When Kristen Bridgeman helped clean up an abandoned Cabrini-Green Homes apartment freshman year as part of a sorority service day, she couldn't sleep afterward.

The deprivation in the area affected Bridgeman so much that she called Holy Family Lutheran Church, which had organized the clean-up effort, and asked if she could help with their after-school program, Hope Alive.

Her sophomore year, she helped reorganize the program as part of a project through the School of Education and Social Policy. But she approached the task from a different perspective.

Instead of acting like an "outsider coming in to fix the housing projects," she conducted interviews and asked the after-school program staff what changes they would like to implement.

"What was really exciting, though, is that they would suggest a change, I would research it, and then in two weeks I'd come back, and it would already be done," says the social policy major from Sharon, Mass. "They didn't need me to do anything. … Just sitting down with someone and having brainstorming sessions ended up being a catalyst for a lot of change taking place."

Besides housing policy, Bridgeman (see "The Millennials: Always On," summer 2006) is passionate about education. Having mild dyslexia, she realizes how important educational opportunities can be. Last summer she worked with the American Federation of Teachers in Washington, D.C., to research educational legislation in Congress, including the College Cost Reduction Act. The experiences have helped her understand what she wants to do with her life.

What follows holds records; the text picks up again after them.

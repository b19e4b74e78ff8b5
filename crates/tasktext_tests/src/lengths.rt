// Lengths that are not as the kind and the counts say: 4.
use crate::written::*;
use std::test::Fail;

#[test]
fn the_head_has_four_bytes(rt: HostRuntime) -> Result<(), Fail> {
    let heap = rt.alloc();
    for damage in [
        at(1, b"01\n", 4, 1),
        at(1, b"0103\n", 4, 2),
        at(1, b"010300\n", 4, 3),
        at(1, b"0103000200\n", 4, 5),
    ] {
        damage.instead(&rt, heap)?;
    }
    Ok(())
}

#[test]
fn an_action_is_as_long_as_its_counts_say(rt: HostRuntime) -> Result<(), Fail> {
    let heap = rt.alloc();
    for k in 2..4u16 {
        for damage in [
            at(k, b"02\n", 4, 1),
            at(k, b"0200\n", 4, 2),
            at(k, b"020101\n", 4, 3),
            at(k, b"02010101\n", 4, 4),
            at(k, b"020101010001\n", 4, 6),
            at(k, b"0201010100010000\n", 4, 8),
            at(k, b"0200000000\n", 4, 5),
            at(k, b"02ffffff\n", 4, 4),
        ] {
            damage.instead(&rt, heap)?;
        }
    }
    Ok(())
}

#[test]
fn goal_and_start_are_as_long_as_their_counts_say(rt: HostRuntime) -> Result<(), Fail> {
    let heap = rt.alloc();
    for damage in [
        at(4, b"03\n", 4, 1),
        at(4, b"0301\n", 4, 2),
        at(4, b"03010201\n", 4, 4),
        at(4, b"030000\n", 4, 3),
        at(5, b"04\n", 4, 1),
        at(5, b"0402\n", 4, 2),
        at(5, b"040200\n", 4, 3),
        at(5, b"04010001\n", 4, 4),
    ] {
        damage.instead(&rt, heap)?;
    }
    Ok(())
}

#[test]
fn the_end_has_one_byte(rt: HostRuntime) -> Result<(), Fail> {
    let heap = rt.alloc();
    at(6, b"0500\n", 4, 2).instead(&rt, heap)?;
    at(6, b"050505\n", 4, 3).instead(&rt, heap)
}

// The kind is looked at first, and the length before any number.
#[test]
fn before_and_after(rt: HostRuntime) -> Result<(), Fail> {
    let heap = rt.alloc();
    for damage in [
        at(1, b"02\n", 3, 0),
        at(1, b"0100000000\n", 4, 5),
        at(2, b"02110000\n", 4, 4),
        at(4, b"030209\n", 4, 3),
    ] {
        damage.instead(&rt, heap)?;
    }
    Ok(())
}
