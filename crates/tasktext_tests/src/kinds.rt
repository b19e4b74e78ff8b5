// Frames that are not due: 3.
use crate::written::*;
use std::test::Fail;

#[test]
fn another_kind_than_the_one_due(rt: HostRuntime) -> Result<(), Fail> {
    let heap = rt.alloc();
    // A line of each kind, by its number.
    let kinds = [(1, HEAD), (2, FIRST), (4, GOAL), (5, START), (6, END)];
    for (due, _) in kinds {
        for (kind, given) in kinds {
            if kind != due {
                at(due, given, 3, 0).instead(&rt, heap)?;
            }
        }
    }
    Ok(())
}

#[test]
fn a_kind_that_is_none(rt: HostRuntime) -> Result<(), Fail> {
    let heap = rt.alloc();
    for k in 1..8u16 {
        for damage in [
            at(k, b"00\n", 3, 0),
            at(k, b"06\n", 3, 0),
            at(k, b"ff030002\n", 3, 0),
        ] {
            damage.instead(&rt, heap)?;
        }
    }
    Ok(())
}

// One action more or fewer than announced.
#[test]
fn actions_as_announced(rt: HostRuntime) -> Result<(), Fail> {
    let heap = rt.alloc();
    at(4, SECOND, 3, 0).instead(&rt, heap)?;
    at(3, GOAL, 3, 0).instead(&rt, heap)?;
    gives(&rt, heap, b"01030000\n02010101000100\n", Told::of(3, 2, 0))
}

#[test]
fn nothing_is_due_after_the_end(rt: HostRuntime) -> Result<(), Fail> {
    let heap = rt.alloc();
    for line in lines() {
        at(7, line, 3, 0).instead(&rt, heap)?;
    }
    Ok(())
}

"I want to create legislation that makes it possible for these underprivileged communities to have the resources they need to be uplifted," she says.

Still, she doesn't want to be an all-knowing outsider. She remembers sitting in a Holy Family church service one afternoon during the Hope Alive program. The youth minister gave a sermon about how lucky everyone should feel.

"I was sitting there — it was my first year there, so I was still in my initial shock — thinking, 'How could you say that to these kids?'" she remembers. "And this little girl looked at me and she said, 'You know what? She's so right. We are so lucky. Look at all this family we have right here.' She gave me this huge hug. I realized then that it's about me helping make this community the best it can be. There's nothing I can do more than the community can do for itself."